In R, I can perform the equivalent to melt and pivot without indexing, and was seeking the same functionality in Python.

df_pandas = df.to_pandas()
library(tidyverse)
library(reticulate)

df_long <-
    py$df_pandas |>
    pivot_longer(
        everything(),
        names_to = 'recipe',
        values_to = 'value'
    )

df_long |>
    pivot_wider(
        names_from='recipe',
        values_from='value'
    ) |>
    unnest(cols = c(A,B,C,D))

Solution

  • It seems I need to add an index in order to pivot df_long back into the original form of df?

    How would it otherwise decide that the entries in df_long with revenue=1 are all on the same row, and not for recipe=A the revenue is 2, for recipe=B, the revenue is 3, etc? You are inferring that from how you defined df, but from just df_long as defined in your question, that is not possible.

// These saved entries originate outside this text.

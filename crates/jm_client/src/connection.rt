//! Connections.

ghost use Rattle.std.specs.Prelude.{◌≡◌, [], IfOk, IfErr, Ok};
ghost use Rattle.jm_client.specs.Told.{Answers, RefusesNew, Told};
ghost use Rattle.jm_machine.specs.declared.answer.Answer.TheVariants.{Done};
ghost use Rattle.jm_machine.specs.declared.call.Call.TheVariants.{Ask};
ghost use Rattle.jm_machine.specs.declared.call.Request.TheVariants.{CloseConnection, CreateSession, Start, Stop};
ghost use Rattle.jm_machine.specs.declared.call.Who.TheVariants.{Connection as ByConnection, Session as BySession};
ghost use Rattle.jm_tx.specs.Buffers.{new_buffer};

use crate::backend::Backend;
use crate::plain::Plain;
use crate::provider::Provider;
use crate::session::Session;
use jm_base::Mode;
use jm_core::{Request, Who};
use jm_dest::{ConnectionId, SessionId};
use jm_error::Error;
use jm_keep::NoKeep;
use std::marker::Model;
use std::sync::Wait;
use std::time::Clock;

/// A connection, which closes as it is dropped, with its sessions. Any thread may call it. Contracts see its number.
pub struct Connection<'p, R: Wait + Clock, B: Backend = Plain<NoKeep>> {
    provider: &'p Provider<'p, R, B>,
    id: ConnectionId,
}

impl<'p, R: Wait + Clock, B: Backend> Model for Connection<'p, R, B> {
    ghost use Rattle.std.specs.Prelude.{ℕ};

    ghost Value = { ℕ };

    ghost view = { λ c. c.id };
}

/// Closes the connection of that number.
fn end<R: Wait + Clock, B: Backend>(
    provider: &Provider<'_, R, B>,
    id: ConnectionId,
) -> Result<(), Error>
    ensures { Answers (ByConnection id) CloseConnection result }
{
    provider.ask_plain(Who::Connection(id), Request::CloseConnection)
}

impl<'p, R: Wait + Clock, B: Backend> Drop for Connection<'p, R, B> {
    fn drop(self) {
        let Connection { provider, id } = self;
        let _ = end(provider, id);
    }
}

impl<'p, R: Wait + Clock, B: Backend> Connection<'p, R, B> {
    /// The connection of that number, which is open.
    pub(crate) fn new(provider: &'p Provider<'p, R, B>, id: ConnectionId) -> Connection<'p, R, B>
        ensures { result ≡ id }
    {
        Connection { provider, id }
    }

    /// Starts the delivery of messages to the connection's consumers (Jakarta Messaging 3.1, section 6.1.4). `IllegalState`
    /// where it is closed. Takes no memory.
    pub fn start(&self) -> Result<(), Error>
        ensures { Answers (ByConnection self.now) Start result }
    {
        self.provider
            .ask_plain(Who::Connection(self.id), Request::Start)
    }

    /// Stops the delivery of messages to the connection's consumers. `IllegalState` where it is closed. Takes no memory.
    pub fn stop(&self) -> Result<(), Error>
        ensures { Answers (ByConnection self.now) Stop result }
    {
        self.provider
            .ask_plain(Who::Connection(self.id), Request::Stop)
    }

    /// Opens a session in that mode, for one thread (Jakarta Messaging 3.1, section 6.2). A refusal opens none:
    ///
    /// - `IllegalState`: the connection is closed.
    /// - `Exhausted`: 4,294,967,295 sessions were asked for already, of all connections of the provider.
    /// - `Memory`: a request for memory was refused.
    pub fn create_session(&self, mode: Mode) -> Result<Session<'p, R, B>, Error>
        ensures mode { IfOk result (λ s. s ≡ new_buffer s.sender mode 0) }
        ensures sender { IfOk result (λ s. s.sender.session.connection ≡ self.now) }
        ensures ok { IfOk result (λ s. Told (BySession s.sender.session) (Ask (CreateSession mode)) (Ok Done)) }
        ensures refused { IfErr result
            (RefusesNew (λ n. BySession (record { connection = self.now; number = n })) (λ n. CreateSession mode)) }
    {
        let provider = self.provider;
        let number = provider.give_session()?;
        let id = SessionId {
            connection: self.id,
            number,
        };
        provider.ask_plain(Who::Session(*&id), Request::CreateSession { mode })?;
        Ok(Session::new(provider, &id, mode))
    }

    /// Closes the connection with its sessions: what is out to them waits again, and what waits for their commits is never
    /// published (Jakarta Messaging 3.1, section 6.1.8). Where it is refused the connection stays open, and nobody has it.
    ///
    /// - `Store`: the keeper failed.
    pub fn close(self) -> Result<(), Error>
        ensures { Answers (ByConnection self.entry) CloseConnection result }
    {
        let Connection { provider, id } = self;
        end(provider, id)
    }
}
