//! The subscriptions of topics: which of them accept a message. A subscription is found by its key, and those that may
//! accept a message by their channels, so that a publication costs what the subscriptions of its channels cost,
//! however many others there are.
//!
//! # Contract
//!
//! `Subs` is seen as the list of subscriptions (key and definition) in order of creation, and the room that is left.
//!
//! `decide_create` answers a consumer's own new subscription of the topic, the selector's text and `no_local`, or
//! refuses exactly what `selector_refusal` does, and leaves the list; `decide_named` is for those that have a name:
//! told whether a consumer of the key is active and whether a row is out, it answers none where the subscription
//! stands as it is asked for, and else the new one; it refuses what `selector_refusal` does, and then as
//! SubscriptionInUse what the machine's `may_resume`, `may_join` or `may_share` does, as the kind is (`Sharing`), and
//! leaves the list too.
//!
//! `decide` is for a definition that is handed in as it stands, as one that was stored: it answers the new
//! subscription and takes the room, and leaves the list. `decide_unsubscribe` says why the one of a key is not
//! deleted, told the same, and takes no memory.
//!
//! `apply` puts a new one last, in place of any other of its key, `delete` ends the one of a key, and neither takes
//! memory; `definition_of` finds by halves under a key what its subscription asks for; `accepting_places` answers where
//! those stand that accept a message, published on the connection of its sender, whose client is handed in: from 0, in
//! that order; `accepting` gives their keys; `accepts_at` says it of one, and takes no memory; `close` ends those
//! subscriptions that end once consumers are closed (`ended`), and takes none.
//!
//! `topics` is the number of distinct topics of the definitions (`number_of_topics`), counted in a walk over all, which looks
//! behind each for another of its topic.
//!
//! Inside, a subscription is found by halves by its key. It stands in a channel: that of its topic and of the literal that
//! its selector asks by `=` of every message (`Selector::literal`), or of its topic and no literal. The channels stand in a
//! list of their own, that of each subscription at its index (an invariant of the type), in which the indexes of all that are
//! equal are found together (`GroupedList`). So `position` does not scan, and `accepting_places` evaluates the selectors of two
//! kinds of channels alone: that of the message's topic and no literal, and that of its topic and each literal of the message
//! (`literals`). A subscription of any other channel asks for a literal that the message lacks, and does not accept it
//! (`law_literal`). The places of those that want the message are put in order where they are not. No key is looked for.
//!
//! `delete`, `apply` where the key stood before, and `close` of one consumer look for one key. `close` of those of a session
//! or a connection finds their own subscriptions one by one, since these stand together in the order of the keys (`Section`).
//! Only where a subscription is shared and not durable does a `close` look at all keys. What ends is taken out of the
//! list and of the channels at its index, and no other moves. That no other is looked at is read in the code, not proved.
#![tactic(auto)]

mod accepting;
mod channel;
mod definition;
mod sharing;
mod subs;

pub use definition::{accepts, defined, is_same};
pub use sharing::Sharing;
pub use subs::{Decision, Subs};
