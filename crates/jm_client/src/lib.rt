//! A provider of messages that a service embeds: connections, sessions and consumers in the names of Jakarta Messaging, over
//! one lock round a backend: a core with its keeper, or in tests one that is audited.
//!
//! # Contract
//!
//! What makes the calls under its lock is a `Backend`, whose step is told the machine's reply and leaves the machine's
//! state, or counts as not made and leaves the state; what it does beside is the backend's own to say (`IsStep`). A message that
//! a send publishes is handed to it, and of that is said what is of the step that publishes it alone (`publication`). `Plain`, a
//! core with its keeper, carries by its type that where the keeper is clean what it has stored is what is stored of the core's
//! state, and its step has the clauses of `jm_kept::step`, under the lock too (`IsKeptStep` in `specs/Locked.antt`;
//! `Shared::apply` and `Shared::publish`, clause `backend`). Through the lock a call is told the machine's reply to its request
//! in some state that the provider reaches, or counts as not made (`Told`).
//!
//! `send` stamps the draft and publishes it, and tells its number; in a transacted session it waits behind all that waited
//! (`Sends`). A commit or a rollback that is refused leaves all that waits; one that is accepted leaves nothing.
//!
//! `listen` has a listener handle messages (`Listens` in `specs/Listening.antt`): it is set, and in each turn a message
//! is taken, the listener handles just that, its delivery is ended, well just where it answered `Ok`, and the call that it
//! names is accepted, a commit of all that waits; and it is taken away. A refusal is that of the first call that is refused;
//! that the listener is taken away after one is only tested.
//!
//! A listener is a `Listener`, or a `SessionListener`, which is lent its session and may say by a ghost member what it does
//! (`handles_in`); a `Listener` is one that leaves the session as it is.
//!
//! `overview` tells how many connections and sessions are open, how many consumers are active, how many subscriptions
//! there are, and how many messages these and the queues hold, in one state that the provider reaches (`IsOverview`). Of
//! waiting nothing is said.
//!
//! A refusal is told as an `Error`, which contracts see as the refusal and its cause. Of an `IllegalState` or a
//! `SubscriptionInUse` that the machine replies, `Error::cause` is exactly `why` (`jm_why`) of the state in which the call
//! was refused, found under the same hold of the lock (`IsToldIn` in `specs/Told.antt`; `Shared::apply` and `Shared::publish`,
//! clause `told`), but that it may be absent for a `SubscriptionInUse`, where memory was wanted to find it. No other refusal has
//! a cause.
#![tactic(auto)]

mod backend;
mod connection;
mod consumer;
mod lent;
mod listening;
mod overview;
mod plain;
mod provider;
mod session;
mod shared;
mod texts;
mod time;
mod waiting;

pub use backend::Backend;
pub use connection::Connection;
pub use consumer::Consumer;
pub use jm_base::{MessageFault, Mode, Refusal};
pub use jm_dest::Destination;
pub use jm_error::Error;
pub use jm_header::{Body, DeliveryMode, Draft, Message};
pub use jm_listener::{After, Listener, ListenerFault};
pub use jm_machine::Delivery;
pub use jm_why::Why;
pub use lent::SessionListener;
pub use overview::Overview;
pub use plain::Plain;
pub use provider::Provider;
pub use session::Session;
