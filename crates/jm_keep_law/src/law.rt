ghost use Rattle.jm_keep.specs.Apart.{QueuesApart, ReachedInOrder};
ghost use Rattle.jm_keep.specs.Calls.{ChangesLead, RefusedLeads};
ghost use Rattle.jm_keep.specs.Leads.{ChangesChain, CountLeads, DropsLead, NothingLeads, PutsLead, StationLeads};
ghost use Rattle.jm_keep.specs.Steps.{CountedReceiveLeads, DeleteLeads, DoneLoses, NewStoresNothing, PublishGains, PutLeads, ReceiveLoses, ReturnStores, SettleLoses};

/// The law of what goes, proved; the function itself does nothing.
///
/// Where a state loses stored rows, and with them each message of which no stored row is left, the changes lead there
/// that drop those rows and then those messages.
pub fn law_drops()
    ensures { DropsLead }
{}

/// The law of what comes, proved; the function itself does nothing.
///
/// Where a message comes to a state under some keys, at a place that is free, the changes lead there that put the message
/// and then its rows.
pub fn law_puts()
    ensures { PutsLead }
{}

/// The law of changes in turn, proved; the function itself does nothing.
///
/// Changes that lead from one state to a second, and then others that lead on to a third, lead from the first to the third.
pub fn law_chain()
    ensures { ChangesChain }
{}

/// The law of a receive that settles at once, proved; the function itself does nothing.
///
/// Of a lasting key it loses the stored rows that have lapsed, and the one that is taken.
pub fn law_receive()
    ensures { ReceiveLoses }
{}

/// The law of a receive that does not settle, proved; the function itself does nothing.
///
/// Of a lasting key it loses the stored rows that have lapsed, and counts the one that goes out, where that is stored.
pub fn law_receive_counted()
    ensures { CountedReceiveLeads }
{}

/// The law of a publication, proved; the function itself does nothing.
///
/// A PERSISTENT message comes to the keys that take it, at the next place.
pub fn law_publish()
    ensures { PublishGains }
{}

/// The law of what stays, proved; the function itself does nothing.
///
/// Where the same is stored of two states, no changes lead from one to the other.
pub fn law_nothing()
    ensures { NothingLeads }
{}

/// The law of a count, proved; the function itself does nothing.
///
/// Where the count of one stored row alone differs, the change leads there that sets it.
pub fn law_count()
    ensures { CountLeads }
{}

/// The law of a subscription, proved; the function itself does nothing.
///
/// Where one durable subscription alone differs, and no row, the change leads there that drops it or puts it.
pub fn law_station()
    ensures { StationLeads }
{}

/// The law of what is settled, proved; the function itself does nothing.
///
/// An acknowledgement and a commit lose the stored rows that are out to the session.
pub fn law_settle()
    ensures { SettleLoses }
{}

/// The law of a listener that is done with its message, proved; the function itself does nothing.
///
/// Where that settles it, the stored rows of its consumer's key are lost that are out through this consumer.
pub fn law_done()
    ensures { DoneLoses }
{}

/// The law of what is given back, proved; the function itself does nothing.
///
/// A row that waits again is stored as before.
pub fn law_return()
    ensures { ReturnStores }
{}

/// The law of a new core, proved; the function itself does nothing.
///
/// Of a new core nothing is stored.
pub fn law_new()
    ensures { NewStoresNothing }
{}

/// The law of a subscription that is deleted, proved; the function itself does nothing.
///
/// A durable subscription loses its rows, and then goes itself.
pub fn law_delete()
    ensures { DeleteLeads }
{}

/// The law of a subscription that is made, proved; the function itself does nothing.
///
/// A durable subscription that is put where none is comes as it is defined, without rows.
pub fn law_put()
    ensures { PutLeads }
{}

/// The law of queues apart, proved; the function itself does nothing.
///
/// In each state that the provider reaches a message that is held in a queue is in no other queue, and in no subscription.
/// So it goes with its row there.
pub fn law_apart()
    ensures { QueuesApart }
{}

/// The law of order, proved; the function itself does nothing.
///
/// In each state that the provider reaches the rows of each queue and of each subscription stand by place, below the next
/// place.
pub fn law_order()
    ensures { ReachedInOrder }
{}

/// The law of changes, proved; the function itself does nothing.
///
/// Take any state whose rows stand in order, and any call that is not refused. The changes that this call asks for lead
/// from what is stored of the state before it to what is stored of the state after it. A publication, a commit, a receive
/// on a started connection from a queue or a durable subscription, a listener's take as well, an acknowledgement in mode
/// `Client`, in modes `Auto` and `Dups` a listener that is done and settles its message, the making of a durable subscription
/// and its end ask for changes, and every other call for none.
pub fn law_changes()
    ensures { ChangesLead }
{}

/// The law of refusals, proved; the function itself does nothing.
///
/// A call that is refused changes nothing of what is stored.
pub fn law_refused()
    ensures { RefusedLeads }
{}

    If this is a requirement, than I suggest you add the index to df before using unpivot, so that df_long carries that information:

    >>> df_long=df.with_row_index().unpivot(index=["index"], variable_name="recipe",value_name="revenue")   
    >>> df_long
    shape: (12, 3)
    ┌───────┬────────┬─────────┐
    │ index ┆ recipe ┆ revenue │
    │ ---   ┆ ---    ┆ ---     │
    │ u32   ┆ str    ┆ i64     │
    ╞═══════╪════════╪═════════╡
    │ 0     ┆ A      ┆ 1       │
    │ 1     ┆ A      ┆ 2       │
    │ 2     ┆ A      ┆ 3       │
    │ 0     ┆ B      ┆ 1       │
    │ 1     ┆ B      ┆ 2       │
    │ …     ┆ …      ┆ …       │
    │ 1     ┆ C      ┆ 2       │
    │ 2     ┆ C      ┆ 3       │
    │ 0     ┆ D      ┆ 1       │
    │ 1     ┆ D      ┆ 2       │
    │ 2     ┆ D      ┆ 3       │
    └───────┴────────┴─────────┘
    

    The pivot can then use the index column to reconstruct the original.